Perspectives on the Easter Rising, Part II – Combat

In this second part of our audio feature on 1916, John Dorney talks to historians Padraig Yeates and Fearghal McGarry about the reality on the ground of the Easter Rising. Part I is here.

  Listen to Perspectives on 1916, Part 2

Here we talk about what fighting in the Easter Rising actually meant.

Padraig Yeates talks about the initial reaction of civilians – ranging from bemusement to hostility to viewing the battle as a good opportunity for looting. many civilians got killed simply out of curiosity, having turned up to watch the fighting.

Fearghal McGarry talks about the  fighting in Easter Week.  In a previous interview he made the point that many rebels saw no combat in 1916. Here goes into the theatrical elements of the fighting -the Volunteers going out o their way to portray themselves as regular army – a claim rubbished by their opponents.

The Easter Rising, with its ‘stand up fighting’ he argues was much easier to celebrate than the ‘dirty war’ that was the War of Independence.

We also detail the fighting at Mount Street, where one platoon of Volunteers inflicted over 200 casualities on the attacking Sherwood Forester regiment. For all the talk of chivalrous fight in 1916, it was civilians who suffered most. We also talk about who was responsible for the widespread killing of civilians.

Fearghal makes the point that it was the British who were responsible for the atrocities that we know about, such as the killing of 15 civilians on North King Street and the shooting of civilians in Portobello Barracks as well as the indiscriminate use of ‘area fire’ weapons like artillery and heavy machine guns.

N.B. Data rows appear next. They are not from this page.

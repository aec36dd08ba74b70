// Cells of several endpoints, marked in turn.
ghost use Rattle.std.specs.Prelude.{◌≡◌, ◌<◌, ◌≤◌, length};
ghost use Rattle.window_config.specs.Endpoints.{IsEndpoint, AreEndpoints};
ghost use Rattle.idle_spans.specs.Tables.{endpoints_of};

use crate::cells::numbered::cell;
use air_source::{AirCell, Side};
use bfp_codec::{Format, Method};
use eaxc_map::Widths;
use fh_base::Numerology;
use idle_spans::Spans;
use std::alloc::Global;
use window_config::{Config, Delays, EndpointConfig, EndpointList};

fn endpoint(id: u8, numerology: Numerology) -> EndpointConfig
    ensures endpoint { IsEndpoint result }
    ensures id { result.id ≡ id }
{
    EndpointConfig {
        id: u16::from(id),
        numerology,
        prbs: 106,
        format: Format {
            dynamic: false,
            method: Method::Plain,
        },
    }
}

/// Endpoints with the ids 0, 1 and so on.
fn endpoints(numerology: Numerology, count: u8) -> EndpointList
    requires { count ≤ 16 }
    ensures endpoints { AreEndpoints result }
    ensures length { length result ≡ count }
{
    let mut list = EndpointList::new();
    for id in 0..count {
        let pushed = list.push(endpoint(id, numerology)).is_ok();
        prove!(pushed);
    }
    list
}

/// The cell of the radio unit that is marked after k others: the endpoints take turns, and after the last one the next cell follows.
fn turn(k: u32, endpoints: u8) -> AirCell
    requires { 0 < endpoints }
{
    let mut cell = cell(29_680 + k / u32::from(endpoints) % 29_680);
    cell.side = Side::Ru;
    cell.id = (k % u32::from(endpoints)) as u16;
    cell
}

fn mark_all(spans: &mut Spans, count: u32, endpoints: u8)
    requires { 0 < endpoints }
    ensures { endpoints_of spans.new ≡ endpoints_of spans.old }
{
    for k in 0..count {
        spans.mark(&turn(k, endpoints));
    }
}

/// The symbols of the first silent span of endpoint 0, 0 where there is none. None where memory ran out, or where there are no
/// endpoints or more than 16.
pub fn run(alloc: Global, count: u32, endpoints: u8) -> Option<i64> {
    if endpoints == 0 || endpoints > 16 {
        return None;
    }
    let config = Config {
        widths: Widths::new(4, 4, 4, 4).ok()?,
        delays: Delays::usual(),
        gap: 1_000,
        fragment: 1_492,
        pack: 1,
        endpoints: self::endpoints(Numerology::ordinary(1)?, endpoints),
    };
    let mut spans = Spans::make(alloc, &config, 1, 1).ok()?;
    mark_all(&mut spans, count, endpoints);
    match spans.next(0, None, 1) {
        Some(span) => Some(i64::from(span.symbols)),
        None => Some(0),
    }
}
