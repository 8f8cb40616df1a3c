// What is proposed by a verdict: its refusal, or where it passes a derived line of forms.
ghost use Rattle.std.specs.Prelude.{◌≡◌, List, ◌∷◌, [], ℕ, ℤ, map, length, ◌+◌, ◌*◌, ◌≤◌};
ghost use Rattle.ledger.specs.Limits.{longest_line};
ghost use Rattle.ledger.specs.Literals.{unnegated, negated, line_of};
ghost use Rattle.ledger.specs.Checks.{derived_line};
ghost use Rattle.proposals.specs.Proposing.{scratch_of, ProposesBy, LowTwo, LowThree, LowAll, DifferentAll};

use crate::{NewLine, Proposal, Scratch};
use session::answers::Refusal;

// Form a, negated where the sign is 1, and form b. The sign is a number, since it is added to twice the form.
pub fn two(
    v: Result<(), Refusal>,
    a: u16,
    sign: u16,
    b: u16,
    scratch: &mut Scratch,
) -> Result<Proposal, Refusal>
    requires { LowTwo v a b × (sign ≤ 1) }
    ensures { ProposesBy v (derived_line (line_of ((2 * a + sign) ∷ unnegated b ∷ []))) result scratch.new × (scratch.new.cells ≡ scratch.old.cells) }
{
    v?;
    scratch.first[0] = 2 * a + sign;
    scratch.second[0] = 2 * b;
    Ok(Proposal::Line(NewLine::derived(1, 1)))
}

// Forms a, b and c.
pub fn three(
    v: Result<(), Refusal>,
    a: u16,
    b: u16,
    c: u16,
    scratch: &mut Scratch,
) -> Result<Proposal, Refusal>
    requires { LowThree v a b c }
    ensures { ProposesBy v (derived_line (line_of (unnegated a ∷ unnegated b ∷ unnegated c ∷ []))) result scratch.new × (scratch.new.cells ≡ scratch.old.cells) }
{
    v?;
    scratch.first[0] = 2 * a;
    let x = [2 * b];
    let y = [2 * c];
    let m = literals::join::join_into(&mut scratch.second, &x, &y);
    Ok(Proposal::Line(NewLine::derived(1, m)))
}

// Forms, all negated: a line of the second list alone.
pub fn all_negated(
    v: Result<(), Refusal>,
    picks: &[u16],
    second: &mut [u16],
) -> Result<Proposal, Refusal>
    requires { LowAll v picks.now × (length picks.now ≤ longest_line) × (length second.old ≡ longest_line) }
    ensures { (cells : List ℤ) (xs : List ℕ) → ProposesBy v (derived_line (map negated picks.now)) result (scratch_of cells xs second.new) }
{
    v?;
    literals::write::write_literals(second, picks, 1);
    Ok(Proposal::Line(NewLine::derived(0, picks.len())))
}

// Forms in any order, none negated: a line of the second list alone.
pub fn all_unnegated(
    v: Result<(), Refusal>,
    picks: &[u16],
    second: &mut [u16],
) -> Result<Proposal, Refusal>
    requires { LowAll v picks.now × DifferentAll v picks.now × (length picks.now ≤ longest_line) × (length second.old ≡ longest_line) }
    ensures { (cells : List ℤ) (xs : List ℕ) → ProposesBy v (derived_line (line_of (map unnegated picks.now))) result (scratch_of cells xs second.new) }
{
    v?;
    let count = picks.len();
    literals::write::write_literals(second, picks, 0);
    literals::sort::sort(&mut second[..count]);
    Ok(Proposal::Line(NewLine::derived(0, count)))
}
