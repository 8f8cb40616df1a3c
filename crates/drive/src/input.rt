// Reads standard input in pieces, and obeys every command that is there whole. What is left of a piece stands before the next one.
ghost use Rattle.std.specs.Prelude.{◌≡◌, ◌≤◌, length, IfOk};

use crate::failure::Failure;
use crate::steps::steps;
use std::io::{Read, Write};
use trial::{BadCommand, Trial};

// Room for the longest command, of 65,538 bytes, and much more, so that there is always room to read into.
pub const BUFFER: usize = 131_072;

// Where the bytes end after one read, behind those that wait: at the same place, if there is nothing more. At the end, bytes that wait are a
// command cut short. A failed read is no end of the input. A buffer and a
// count: to read into a slice that grows, the rest of the buffer has to be kept beside it.
fn receive<R: Read>(input: &mut R, buffer: &mut [u8], held: usize) -> Result<usize, Failure>
    requires { held ≤ length buffer.old }
    ensures end { IfOk result (λ end. end ≤ length buffer.new) }
    ensures left { length buffer.new ≡ length buffer.old }
{
    let Ok(got) = input.read(&mut buffer[held..]) else {
        return Err(Failure::Unreadable);
    };
    if got == 0 && 0 < held {
        return Err(Failure::BadCommand(BadCommand));
    }
    Ok(held + got)
}

// Nothing says that the input ends, and a loop has to: its turns are counted, up to a number that no run uses up. What a turn printed is there
// to see before the next one waits for input.
pub fn drive<R: Read, W: Write>(
    input: &mut R,
    out: &mut W,
    buffer: &mut [u8],
) -> Result<(), Failure> {
    let mut trial = Trial::filled(0, 0, 0, 0);
    let mut held: usize = 0;
    for _ in 0..u64::MAX {
        out.flush()?;
        let end = receive(input, buffer, held)?;
        if end == held {
            return Ok(());
        }
        let used = steps(out, &mut trial, &buffer[..end])?;
        buffer.copy_within(used..end, 0);
        held = end - used;
    }
    Ok(())
}
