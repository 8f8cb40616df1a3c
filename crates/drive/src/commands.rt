// The commands, and how they are read. Each begins with a letter, and its numbers are little endian.
ghost use Rattle.std.specs.Prelude.{◌<◌, ◌≤◌, length, IfSome};

use session::state::{Mark, Session};
use trial::BadCommand;

// A call of the library. The bytes of a record or stream come after their length.
#[derive(Clone, Copy)]
pub enum Call<'a> {
    Start,
    Standing,
    Feed(&'a [u8]),
    Run(&'a [u8]),
}

#[derive(Clone, Copy)]
pub enum Command<'a> {
    // Other lengths of the forms, the pool and the lines, over tables that are 0 throughout, and the fresh session.
    Lend(u32, u32, u32),
    // Another session.
    Resume(Session),
    // Another cell, at a place of its table.
    Form(u16, i32),
    Literal(u16, u16),
    Line(u16, u16),
    Call(Call<'a>),
}

// A text that is read from its front. Where it does not hold what is read whole, that is None.
#[derive(Clone, Copy)]
pub struct Reader<'a> {
    pub rest: &'a [u8],
}

impl<'a> Reader<'a> {
    fn byte(&mut self) -> Option<u8>
        ensures { IfSome result (λ _. length self.new.rest.now < length self.old.rest.now) }
    {
        let (&byte, rest) = self.rest.split_first()?;
        self.rest = rest;
        Some(byte)
    }

    fn array<const N: usize>(&mut self) -> Option<[u8; N]>
        ensures { length self.new.rest.now ≤ length self.old.rest.now }
    {
        let (bytes, rest) = self.rest.split_first_chunk()?;
        self.rest = rest;
        Some(*bytes)
    }

    fn u16(&mut self) -> Option<u16>
        ensures { length self.new.rest.now ≤ length self.old.rest.now }
    {
        self.array().map(u16::from_le_bytes)
    }

    fn u32(&mut self) -> Option<u32>
        ensures { length self.new.rest.now ≤ length self.old.rest.now }
    {
        self.array().map(u32::from_le_bytes)
    }

    fn i32(&mut self) -> Option<i32>
        ensures { length self.new.rest.now ≤ length self.old.rest.now }
    {
        self.array().map(i32::from_le_bytes)
    }

    // Bytes after their length.
    fn bytes(&mut self) -> Option<&'a [u8]>
        ensures { length self.new.rest.now ≤ length self.old.rest.now }
    {
        let size = self.u16()?;
        let (bytes, rest) = self.rest.split_at_checked(size as usize)?;
        self.rest = rest;
        Some(bytes)
    }

    fn mark(&mut self) -> Option<Mark>
        ensures { length self.new.rest.now ≤ length self.old.rest.now }
    {
        Some(Mark {
            forms: self.u16()?,
            lines: self.u16()?,
            literals: self.u16()?,
        })
    }

    // The counts, the open levels, and then every mark.
    fn session(&mut self) -> Option<Session>
        ensures { length self.new.rest.now ≤ length self.old.rest.now }
    {
        let mut session = Session::fresh();
        session.forms = self.u16()?;
        session.lines = self.u16()?;
        session.literals = self.u16()?;
        session.open = self.u16()?;
        for mark in &mut session.marks {
            *mark = self.mark()?;
        }
        Some(session)
    }

    // The command at the front: a bad one, if its letter is none of these.
    pub fn command(&mut self) -> Option<Result<Command<'a>, BadCommand>>
        ensures { IfSome result (λ _. length self.new.rest.now < length self.old.rest.now) }
    {
        let command = match self.byte()? {
            b'T' => Command::Lend(self.u32()?, self.u32()?, self.u32()?),
            b'S' => Command::Resume(self.session()?),
            b'F' => Command::Form(self.u16()?, self.i32()?),
            b'P' => Command::Literal(self.u16()?, self.u16()?),
            b'L' => Command::Line(self.u16()?, self.u16()?),
            b'I' => Command::Call(Call::Start),
            b'Q' => Command::Call(Call::Standing),
            b'B' => Command::Call(Call::Feed(self.bytes()?)),
            b'N' => Command::Call(Call::Run(self.bytes()?)),
            _ => return Some(Err(BadCommand)),
        };
        Some(Ok(command))
    }
}
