// Reads commands from standard input until the end, calls the library as they say, on any session and any tables, and prints after each
// call what it answered, the session and a sum over each table.
#![tactic(auto)]

mod commands;
mod failure;
mod input;
mod say;
mod steps;

use failure::Failure;
use std::io;
use std::io::{BufWriter, Write};

fn main(rt: HostRuntime) -> io::Result<()> {
    let mut out = BufWriter::new(rt.alloc(), rt.stdout())?;
    let mut buffer = [0u8; input::BUFFER];
    match input::drive(&mut rt.stdin(), &mut out, &mut buffer) {
        Ok(()) => {}
        Err(Failure::BadCommand(bad)) => writeln!(out, "{bad}")?,
        Err(Failure::Unreadable) => eprintln!(rt; "standard input cannot be read")?,
        Err(Failure::Unwritable(why)) => return Err(why),
    }
    out.flush()
}
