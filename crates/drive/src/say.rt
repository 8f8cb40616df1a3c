// Prints: what a run came to, the session, and a sum over each table.
use printing::stop_number;
use session::state::{Mark, Session};
use std::io;
use std::io::Write;
use stream::Ran;
use trial::Trial;

// Records accepted, bytes accepted and the stopping number.
pub fn print_run<W: Write>(out: &mut W, ran: Ran) -> io::Result<()> {
    let stop = stop_number(ran.stop);
    writeln!(out, "run {} {} {stop}", ran.records, ran.bytes)
}

fn print_mark<W: Write>(out: &mut W, mark: Mark) -> io::Result<()> {
    write!(out, " {} {} {}", mark.forms, mark.lines, mark.literals)
}

// The counts, and then every mark.
fn print_session<W: Write>(out: &mut W, session: Session) -> io::Result<()> {
    write!(out, "session")?;
    print_mark(out, session.counts())?;
    write!(out, " {}", session.open)?;
    for mark in session.marks {
        print_mark(out, mark)?;
    }
    writeln!(out)
}

// A sum over cells, modulo 2^32.
fn sum<T: Copy, F: Fn(T) -> u32>(cells: &[T], number: F) -> u32
    requires { F.IsAlwaysCallable number }
{
    cells.iter().fold(0u32, |sum, &cell| {
        sum.wrapping_mul(31).wrapping_add(number(cell))
    })
}

// The two lines after each answer.
pub fn print_trial<W: Write>(out: &mut W, trial: &Trial) -> io::Result<()> {
    print_session(out, trial.session)?;
    let forms = sum(trial.forms.lent(), |cell| cell.cast_unsigned());
    let pool = sum(trial.pool.lent(), u32::from);
    let lines = sum(trial.lines.lent(), u32::from);
    writeln!(out, "cells {forms} {pool} {lines}")
}
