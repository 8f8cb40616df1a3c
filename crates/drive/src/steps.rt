// Obeys the commands of a text one after the other.
ghost use Rattle.std.specs.Prelude.{◌≤◌, length, IfOk};

use crate::commands::{Call, Command, Reader};
use crate::failure::Failure;
use crate::say::{print_run, print_trial};
use printing::{print_answer, print_standing};
use std::io;
use std::io::Write;
use trial::{BadCommand, FORM_ROOM, LINE_ROOM, POOL_ROOM, Trial};

fn lent(forms: usize, pool: usize, lines: usize) -> Result<Trial, BadCommand> {
    if FORM_ROOM < forms || POOL_ROOM < pool || LINE_ROOM < lines {
        return Err(BadCommand);
    }
    Ok(Trial::filled(0, forms, pool, lines))
}

// A call, and its answer.
fn call<W: Write>(out: &mut W, trial: &mut Trial, call: Call) -> io::Result<()> {
    match call {
        Call::Start => print_answer(out, trial.start().map(|()| "started")),
        Call::Standing => print_standing(out, trial.standing()),
        Call::Feed(record) => print_answer(out, trial.feed(record)),
        Call::Run(bytes) => print_run(out, trial.run(bytes)),
    }
}

fn obey<W: Write>(out: &mut W, trial: &mut Trial, command: Command) -> Result<(), Failure> {
    match command {
        Command::Lend(forms, pool, lines) => {
            *trial = lent(forms as usize, pool as usize, lines as usize)?;
        }
        Command::Resume(session) => trial.session = session,
        Command::Form(at, cell) => trial.forms.set(at as usize, cell)?,
        Command::Literal(at, cell) => trial.pool.set(at as usize, cell)?,
        Command::Line(at, cell) => trial.lines.set(at as usize, cell)?,
        Command::Call(asked) => {
            call(out, trial, asked)?;
            print_trial(out, trial)?;
        }
    }
    Ok(())
}

// Every whole command of the text, up to a bad one. How many bytes they took.
pub fn steps<W: Write>(out: &mut W, trial: &mut Trial, text: &[u8]) -> Result<usize, Failure>
    ensures { IfOk result (λ used. used ≤ length text.now) }
{
    let mut reader = Reader { rest: text };
    let mut used = 0;
    while let Some(command) = reader.command() {
        obey(out, trial, command?)?;
        used = text.len() - reader.rest.len();
    }
    Ok(used)
}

But both he and Padraig also make the point that the clumsiness of the British military was as much a product of their shock and disorientation at the Rising as any malice.

The Contributors

Padraig Yeates has written, Lockout: Dublin 1913, the history of the great Dublin strike of that year. He is currently public relations consultant to the trade union Siptu. Listen to previous interview with him here and here. He has also written, “Dublin a City in Wartime”, which will be published in late 2011.

Dr Fearghal McGarry is a senior lecturer in Modern History at Queens University Belfast. He has written a series of books on Irish republicanism including; Irish Politics and the Spanish Civil War, Frank Ryan, Eoin O’Duffy a Self Made Hero and The Rising, Ireland Easter 1916 and edited the collection, Republicanism in Modern Ireland.

His latest book Rebels, due out in September 2011, uses eyewitness testimoney of the Rising from the Bureau of military history to re-tell the story of the rebellion.